====== Dataset records ======

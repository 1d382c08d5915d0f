// The ligands of a root, and the other end of a unit, by number.
ghost use Rattle.std.specs.Prelude.{◌≡◌, ◌<◌, ◌-◌, length, map, IfSome};
ghost use Rattle.cip_rank.specs.Tree.{IsTree, children_of};
ghost use Rattle.cip_digraph.specs.rules.Auxiliary.{stands_for};
ghost use Rattle.cip_digraph.specs.digraph.NodeList.{parents_of};
ghost use Rattle.cip_aux.specs.Neighbours.{first_where, parent_of, is_real_of, ligand_number};
ghost use Rattle.cip_aux.specs.Neighbours.{real_child, shape_at};

use cip_digraph::{NodeKind, Nodes};
use cip_mol::{AtMostFour, Ligand, Ligands};

// A real node or a closure of this vertex.
fn is_ligand<N: Nodes>(nodes: &N, node: u32, vertex: u32) -> bool
    requires within { node < length (N.nodes nodes.now) }
    ensures { result ≡ stands_for vertex (shape_at (N.nodes nodes.now) node) }
{
    match nodes.kind(node) {
        NodeKind::Real | NodeKind::Closure => nodes.vertex(node) == Some(vertex),
        NodeKind::Multiple | NodeKind::Delocalised => false,
    }
}

// A real node of this vertex.
fn is_atom<N: Nodes>(nodes: &N, node: u32, vertex: u32) -> bool
    requires within { node < length (N.nodes nodes.now) }
    ensures { result ≡ is_real_of vertex (shape_at (N.nodes nodes.now) node) }
{
    match nodes.kind(node) {
        NodeKind::Real => nodes.vertex(node) == Some(vertex),
        NodeKind::Closure | NodeKind::Multiple | NodeKind::Delocalised => false,
    }
}

// The child of a node that stands for a ligand.
fn ligand_child<N: Nodes>(nodes: &N, node: u32, vertex: u32) -> Option<u32>
    requires within { node < length (N.nodes nodes.now) }
    ensures { result ≡ first_where (λ number. stands_for vertex (shape_at (N.nodes nodes.now) number))
        (children_of (parents_of (N.nodes nodes.now)) node) }
{
    let (first, past) = nodes.table().children(node);
    for child in first..past {
        if is_ligand(nodes, child, vertex) {
            return Some(child);
        }
    }
    None
}

/// The real child of a vertex.
pub fn real_child<N: Nodes>(nodes: &N, node: u32, vertex: u32) -> Option<u32>
    requires within { node < length (N.nodes nodes.now) }
    ensures child { result ≡ real_child (shape_at (N.nodes nodes.now)) (parents_of (N.nodes nodes.now)) node vertex }
    ensures low { IfSome result (λ child. child < length (N.nodes nodes.now)) }
{
    let (first, past) = nodes.table().children(node);
    for child in first..past {
        if is_atom(nodes, child, vertex) {
            return Some(child);
        }
    }
    None
}

// The parent of a node, if it stands for a ligand.
fn ligand_parent<N: Nodes>(nodes: &N, node: u32, vertex: u32) -> Option<u32>
    requires within { node < length (N.nodes nodes.now) }
    requires tree { IsTree (parents_of (N.nodes nodes.now)) }
    ensures { result ≡ first_where (λ number. stands_for vertex (shape_at (N.nodes nodes.now) number))
        (parent_of (parents_of (N.nodes nodes.now)) node) }
{
    match nodes.table().parent(node) {
        Some(parent) if is_ligand(nodes, parent, vertex) => Some(parent),
        _ => None,
    }
}

// The node next to `node` that stands for a ligand: a child or the parent; none for a lone pair.
fn ligand<N: Nodes>(nodes: &N, node: u32, ligand: Ligand) -> Option<u32>
    requires within { node < length (N.nodes nodes.now) }
    requires tree { IsTree (parents_of (N.nodes nodes.now)) }
    ensures { result ≡ ligand_number (shape_at (N.nodes nodes.now)) (parents_of (N.nodes nodes.now)) node ligand }
{
    match ligand {
        Ligand::LonePair => None,
        Ligand::Vertex(vertex) => match ligand_child(nodes, node, vertex) {
            Some(child) => Some(child),
            None => ligand_parent(nodes, node, vertex),
        },
    }
}

/// The ligands of a root as nodes next to it; none for a lone pair.
pub fn ligands_at<N: Nodes>(nodes: &N, node: u32, ligands: &Ligands) -> AtMostFour<Option<u32>>
    requires within { node < length (N.nodes nodes.now) }
    requires tree { IsTree (parents_of (N.nodes nodes.now)) }
    ensures { result
        ≡ map (ligand_number (shape_at (N.nodes nodes.now)) (parents_of (N.nodes nodes.now)) node) ligands.now }
{
    let mut numbers = AtMostFour::new();
    for place in ligands.as_slice() {
        numbers.push(ligand(nodes, node, *place));
    }
    numbers
}
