// Worked molecules.
ghost use Rattle.cip_laws.specs.WorkedFurtherLabels.{AreLabelled};
ghost use Rattle.cip_laws.specs.WorkedLabels.{HaveLabels};

/// A cumulene, also in another numbering, and a biaryl axis, also in the mirror, have the expected labels.
pub fn worked_further_is_labelled()
    ensures { AreLabelled }
{}

/// From their bytes to their value lines, worked records have the expected labels.
pub fn worked_records_have_labels()
    ensures { HaveLabels }
{}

======

Work request
Using the data above, tally the lines that contain the string "match" and state only the result.

Solution for this task
5